─── LISTED ENTRIES
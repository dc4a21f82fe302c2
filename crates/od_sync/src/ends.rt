ghost use Rattle.std.specs.Prelude.{◌≡◌};

use crate::pulling::PullStop;
use crate::scanning::FolderFault;
use gd_item::ItemId;
use gd_names::NoMemory;
use od_keeper::KeeperFault;
use std::alloc::{AllocError, AllocFailed};
use thiserror::Error;

/// How a sync ended.
#[derive(Debug, PartialEq, Eq, Drop)]
pub enum SyncEnd {
    /// Both sides are the same.
    Settled,
    /// After three rounds they are not.
    Unsettled,
    /// Three sends of one request had no reply.
    LinkFault,
    TreeFault,
    KeeperFault,
    /// The least item that the drive gave and that does not fit.
    BadPages(ItemId),
    /// Three sends of a request for changes brought no reply but that the drive lacks memory.
    Unserved,
    Memory,
}

/// Why a sync did not come to compare both sides for the last time.
#[derive(Clone, Copy, Debug, PartialEq, Eq, Error)]
pub enum SyncStop {
    #[error("three sends had no reply")]
    LinkFault,
    #[error("the folder cannot be reached")]
    TreeFault,
    #[error("the kept image cannot be reached")]
    KeeperFault,
    #[error("the pages make no drive: see item {0:?}")]
    BadPages(ItemId),
    #[error("the drive lacks memory")]
    Unserved,
    #[error("out of memory")]
    Memory,
}

impl SyncStop {
    ghost use Rattle.od_sync.specs.Ends.{end_of_stop};

    pub(crate) fn end(self) -> SyncEnd
        ensures { result ≡ end_of_stop self }
    {
        match self {
            SyncStop::LinkFault => SyncEnd::LinkFault,
            SyncStop::TreeFault => SyncEnd::TreeFault,
            SyncStop::KeeperFault => SyncEnd::KeeperFault,
            SyncStop::BadPages(id) => SyncEnd::BadPages(id),
            SyncStop::Unserved => SyncEnd::Unserved,
            SyncStop::Memory => SyncEnd::Memory,
        }
    }
}

impl From<NoMemory> for SyncStop {
    ghost use Rattle.od_sync.specs.declared.ends.SyncStop.TheVariants.{Memory};

    ghost from_gives = { λ _ stop. stop ≡ Memory };

    fn from(_error: NoMemory) -> SyncStop {
        SyncStop::Memory
    }
}

impl From<AllocError> for SyncStop {
    ghost use Rattle.od_sync.specs.declared.ends.SyncStop.TheVariants.{Memory};

    ghost from_gives = { λ _ stop. stop ≡ Memory };

    fn from(_error: AllocError) -> SyncStop {
        SyncStop::Memory
    }
}

impl<T: Drop> From<AllocFailed<T>> for SyncStop {
    ghost use Rattle.od_sync.specs.declared.ends.SyncStop.TheVariants.{Memory};

    ghost from_gives = { λ _ stop. stop ≡ Memory };

    fn from(_error: AllocFailed<T>) -> SyncStop {
        SyncStop::Memory
    }
}

impl From<PullStop> for SyncStop {
    ghost use Rattle.od_sync.specs.Ends.{stop_of_pull};

    ghost from_gives = { λ cause stop. stop ≡ stop_of_pull cause };

    fn from(cause: PullStop) -> SyncStop {
        match cause {
            PullStop::LinkFault => SyncStop::LinkFault,
            PullStop::Unserved => SyncStop::Unserved,
            PullStop::BadPages(id) => SyncStop::BadPages(id),
            PullStop::Memory => SyncStop::Memory,
        }
    }
}

impl From<FolderFault> for SyncStop {
    ghost use Rattle.od_sync.specs.Ends.{stop_of_folder};

    ghost from_gives = { λ cause stop. stop ≡ stop_of_folder cause };

    fn from(cause: FolderFault) -> SyncStop {
        match cause {
            FolderFault::Failed => SyncStop::TreeFault,
            FolderFault::Memory => SyncStop::Memory,
        }
    }
}

impl From<KeeperFault> for SyncStop {
    ghost use Rattle.od_sync.specs.Ends.{stop_of_keeper};

    ghost from_gives = { λ cause stop. stop ≡ stop_of_keeper cause };

    fn from(cause: KeeperFault) -> SyncStop {
        match cause {
            KeeperFault::Failed => SyncStop::KeeperFault,
            KeeperFault::Memory => SyncStop::Memory,
        }
    }
}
──────
[PROBLEM TO WORK ON]: Each record must be printed again, word for word, with nothing dropped.

[RESULT FOR THIS EXERCISE]:
repository dc4a21f82fe302c2
filename crates/od_sync/src/ends.rt
ghost use Rattle.std.specs.Prelude.{◌≡◌};

use crate::pulling::PullStop;
use crate::scanning::FolderFault;
use gd_item::ItemId;
use gd_names::NoMemory;
use od_keeper::KeeperFault;
use std::alloc::{AllocError, AllocFailed};
use thiserror::Error;

/// How a sync ended.
#[derive(Debug, PartialEq, Eq, Drop)]
pub enum SyncEnd {
    /// Both sides are the same.
    Settled,
    /// After three rounds they are not.
    Unsettled,
    /// Three sends of one request had no reply.
    LinkFault,
    TreeFault,
    KeeperFault,
    /// The least item that the drive gave and that does not fit.
    BadPages(ItemId),
    /// Three sends of a request for changes brought no reply but that the drive lacks memory.
    Unserved,
    Memory,
}

/// Why a sync did not come to compare both sides for the last time.
#[derive(Clone, Copy, Debug, PartialEq, Eq, Error)]
pub enum SyncStop {
    #[error("three sends had no reply")]
    LinkFault,
    #[error("the folder cannot be reached")]
    TreeFault,
    #[error("the kept image cannot be reached")]
    KeeperFault,
    #[error("the pages make no drive: see item {0:?}")]
    BadPages(ItemId),
    #[error("the drive lacks memory")]
    Unserved,
    #[error("out of memory")]
    Memory,
}

impl SyncStop {
    ghost use Rattle.od_sync.specs.Ends.{end_of_stop};

    pub(crate) fn end(self) -> SyncEnd
        ensures { result ≡ end_of_stop self }
    {
        match self {
            SyncStop::LinkFault => SyncEnd::LinkFault,
            SyncStop::TreeFault => SyncEnd::TreeFault,
            SyncStop::KeeperFault => SyncEnd::KeeperFault,
            SyncStop::BadPages(id) => SyncEnd::BadPages(id),
            SyncStop::Unserved => SyncEnd::Unserved,
            SyncStop::Memory => SyncEnd::Memory,
        }
    }
}

impl From<NoMemory> for SyncStop {
    ghost use Rattle.od_sync.specs.declared.ends.SyncStop.TheVariants.{Memory};

    ghost from_gives = { λ _ stop. stop ≡ Memory };

    fn from(_error: NoMemory) -> SyncStop {
        SyncStop::Memory
    }
}

impl From<AllocError> for SyncStop {
    ghost use Rattle.od_sync.specs.declared.ends.SyncStop.TheVariants.{Memory};

    ghost from_gives = { λ _ stop. stop ≡ Memory };

    fn from(_error: AllocError) -> SyncStop {
        SyncStop::Memory
    }
}

impl<T: Drop> From<AllocFailed<T>> for SyncStop {
    ghost use Rattle.od_sync.specs.declared.ends.SyncStop.TheVariants.{Memory};

    ghost from_gives = { λ _ stop. stop ≡ Memory };

    fn from(_error: AllocFailed<T>) -> SyncStop {
        SyncStop::Memory
    }
}

impl From<PullStop> for SyncStop {
    ghost use Rattle.od_sync.specs.Ends.{stop_of_pull};

    ghost from_gives = { λ cause stop. stop ≡ stop_of_pull cause };

    fn from(cause: PullStop) -> SyncStop {
        match cause {
            PullStop::LinkFault => SyncStop::LinkFault,
            PullStop::Unserved => SyncStop::Unserved,
            PullStop::BadPages(id) => SyncStop::BadPages(id),
            PullStop::Memory => SyncStop::Memory,
        }
    }
}

impl From<FolderFault> for SyncStop {
    ghost use Rattle.od_sync.specs.Ends.{stop_of_folder};

    ghost from_gives = { λ cause stop. stop ≡ stop_of_folder cause };

    fn from(cause: FolderFault) -> SyncStop {
        match cause {
            FolderFault::Failed => SyncStop::TreeFault,
            FolderFault::Memory => SyncStop::Memory,
        }
    }
}

impl From<KeeperFault> for SyncStop {
    ghost use Rattle.od_sync.specs.Ends.{stop_of_keeper};

    ghost from_gives = { λ cause stop. stop ≡ stop_of_keeper cause };

    fn from(cause: KeeperFault) -> SyncStop {
        match cause {
            KeeperFault::Failed => SyncStop::KeeperFault,
            KeeperFault::Memory => SyncStop::Memory,
        }
    }
}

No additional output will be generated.